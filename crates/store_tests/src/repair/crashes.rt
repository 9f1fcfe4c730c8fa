//! Repairs over a folder in memory: with each call failing, and with all that a crash at each call may leave.
use crate::repair::asserting::assert_holds;
use crate::repair::cases::{Case, REPLACING, WHOLE, had, is_as_said, is_left};
use crate::repair::folder_cases::{OTHER_PATH, PATHS, folder_of, is_left_at, repaired};
use crate::repair::samples::bytes_at;
use folders::{Folder, NewFile};
use lrc_code::Place;
use memory_folder::{Fault, MemoryFolder};
use std::process::Abort;

/// More ways for a crash to go than these aren't tried at one call.
const MOST_WAYS: u64 = 300;

static TWO_LOST: Case<'static> = Case {
    name: "two are lost",
    lost: &[Place::X1, Place::Py],
    rebuilt: &[Place::X1, Place::Py],
    survivors: 8,
    ..WHOLE
};

static THREE_LOST: Case<'static> = Case {
    name: "three are lost",
    lost: &[Place::X0, Place::Y2, Place::P1],
    rebuilt: &[Place::X0, Place::Y2, Place::P1],
    survivors: 7,
    is_covered: false,
    ..WHOLE
};

static REPLACED: Case<'static> = Case {
    name: "a damaged one is replaced",
    changes: &[(Place::X2, b"\x77")],
    repair: REPLACING,
    rebuilt: &[Place::X2],
    survivors: 9,
    said: &[(
        Some(Place::X2),
        "is damaged: only without it the others belong together",
    )],
    ..WHOLE
};

/// Whether each name has what a case leaves or what it had before: a damaged fragment is under its name, or under its second name, also
/// with the whole one under its name.
fn is_either_at(files: &MemoryFolder, case: &Case<'_>) -> bool {
    for (place, path, second) in &PATHS {
        let bytes = files.bytes_at(path);
        let kept = files.bytes_at(second);
        let is_kept = kept.is_none() || kept == bytes_at(case.changes, *place);
        let is_as_before = is_kept && bytes == had(case, *place);
        if !is_as_before && !is_left(case, *place, bytes, kept) {
            return false;
        }
    }
    true
}

/// Whether there is nothing but the stripe's fragments, the other stripe's, and files under temporary names.
fn has_nothing_else(rt: &impl Abort, files: &MemoryFolder) -> bool {
    let paths = files.paths().expect(rt, "paths");
    for path in paths {
        let mut is_known = path == OTHER_PATH || path.starts_with("store/.rebuild-store-");
        for (_, name, second) in &PATHS {
            is_known = is_known || path == *name || path == *second;
        }
        if !is_known {
            return false;
        }
    }
    true
}

/// What a crash may leave of a folder.
fn left_by(rt: &impl Abort, files: &MemoryFolder, way: u64) -> MemoryFolder {
    files.after_crash(way).expect(rt, "what a crash leaves")
}

/// Whether that is what a case leaves.
fn is_left_after(rt: &impl Abort, files: &MemoryFolder, way: u64, case: &Case<'_>) -> bool {
    is_left_at(&left_by(rt, files, way), case)
}

/// How many calls a case's repair makes that change something, if it says what it is to say, and that is on the disk: whatever a crash then
/// leaves is what the case leaves. Else none.
fn calls_when_done(abort: &impl Abort, rt: &HostRuntime, case: &Case<'_>) -> u64 {
    let (outcome, files) = repaired(rt, folder_of(abort, rt.alloc(), case), case, None);
    let outcome = outcome.expect(abort, "an outcome");
    let mut is_done = is_as_said(abort, rt.alloc(), &outcome, case);
    for way in 0..files.crashes().min(MOST_WAYS) {
        is_done = is_done && is_left_after(abort, &files, way, case);
    }
    if is_done { files.count() } else { 0 }
}

/// Whether a crash left each name as it was or as it is to be, and the same repair then makes it as it is to be.
fn is_mended(abort: &impl Abort, rt: &HostRuntime, left: MemoryFolder, case: &Case<'_>) -> bool {
    let is_either = is_either_at(&left, case) && has_nothing_else(abort, &left);
    let (again, files) = repaired(rt, left, case, None);
    let again = again.expect(abort, "an outcome");
    let is_all_said = again.findings.is_empty() || !case.changes.is_empty();
    is_either && is_all_said && is_left_at(&files, case)
}

/// Whether all is so after a fault, and after each crash then.
fn is_survived(abort: &impl Abort, rt: &HostRuntime, case: &Case<'_>, fault: Fault) -> bool {
    let mut files = folder_of(abort, rt.alloc(), case);
    files.fail(fault);
    let (_, files) = repaired(rt, files, case, None);
    for way in 0..files.crashes().min(MOST_WAYS) {
        if !is_mended(abort, rt, left_by(abort, &files, way), case) {
            return false;
        }
    }
    is_either_at(&files, case)
}

/// Whether a call and all after it fail, and whether it is done all the same.
const WAYS_TO_FAIL: [(bool, bool); 4] = [
    (true, false),
    (true, true),
    (false, false),
    (false, true),
];

/// Whether all is so where the machine stops at each call, or the call fails alone. There are more calls than so many.
fn is_survived_at_each_call(
    abort: &impl Abort,
    rt: &HostRuntime,
    case: &Case<'_>,
    least: u64,
) -> bool {
    let calls = calls_when_done(abort, rt, case);
    for at in 0..calls {
        for (lasts, is_done) in WAYS_TO_FAIL {
            if !is_survived(abort, rt, case, Fault { at, lasts, is_done }) {
                return false;
            }
        }
    }
    calls > least
}

/// Two are lost: whatever a crash leaves, each name is absent or whole, and the same repair then makes them whole.
#[test]
fn a_crash_leaves_each_name_absent_or_whole(rt: HostRuntime) {
    let is = is_survived_at_each_call(&rt, &rt, &TWO_LOST, 8);
    assert_holds(&rt, is, TWO_LOST.name);
}

/// A damaged fragment is replaced: it is under the one name or the other.
#[test]
fn a_crash_leaves_what_is_replaced(rt: HostRuntime) {
    let is = is_survived_at_each_call(&rt, &rt, &REPLACED, 0);
    assert_holds(&rt, is, REPLACED.name);
}

/// What a repair said to be done is on the disk.
#[test]
fn done_is_on_the_disk(rt: HostRuntime) {
    let calls = calls_when_done(&rt, &rt, &THREE_LOST);
    assert_holds(&rt, calls > 0, THREE_LOST.name);
}

/// What of a file that isn't on the disk a crash may leave, and how that is called.
static TORN: [(&str, Option<&[u8]>); 5] = [
    ("no file", None),
    ("nothing", Some(b"")),
    ("a half", Some(b"ab")),
    ("all", Some(b"abcd")),
    ("other bytes", Some(b"\x3b8\x39\x3e")),
];

/// Whether some crash leaves these bytes of the file, or no file.
fn may_be_left(rt: &impl Abort, files: &MemoryFolder, wanted: Option<&[u8]>) -> bool {
    for way in 0..files.crashes() {
        if left_by(rt, files, way).bytes_at("store/a") == wanted {
            return true;
        }
    }
    false
}

/// A crash leaves of a file that isn't on the disk nothing, a half, all or other bytes, and leaves its path or not.
#[test]
fn a_crash_tears_what_is_not_on_the_disk(rt: HostRuntime) {
    let mut files = MemoryFolder::new(rt.alloc());
    files.fail(Fault {
        at: 1,
        lasts: false,
        is_done: false,
    });
    let mut new = files.create_new("store/a", 0o600).expect(&rt, "a file");
    new.append(b"abcd").expect(&rt, "bytes");
    assert_holds(&rt, files.sync(new).is_err(), "it isn't put on the disk");
    for (name, wanted) in &TORN {
        assert_holds(&rt, may_be_left(&rt, &files, *wanted), name);
    }
}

WHAT NEEDS TO BE DONE: Write only the number of lines in the records that include the word "many".

WRITTEN ANSWER: 2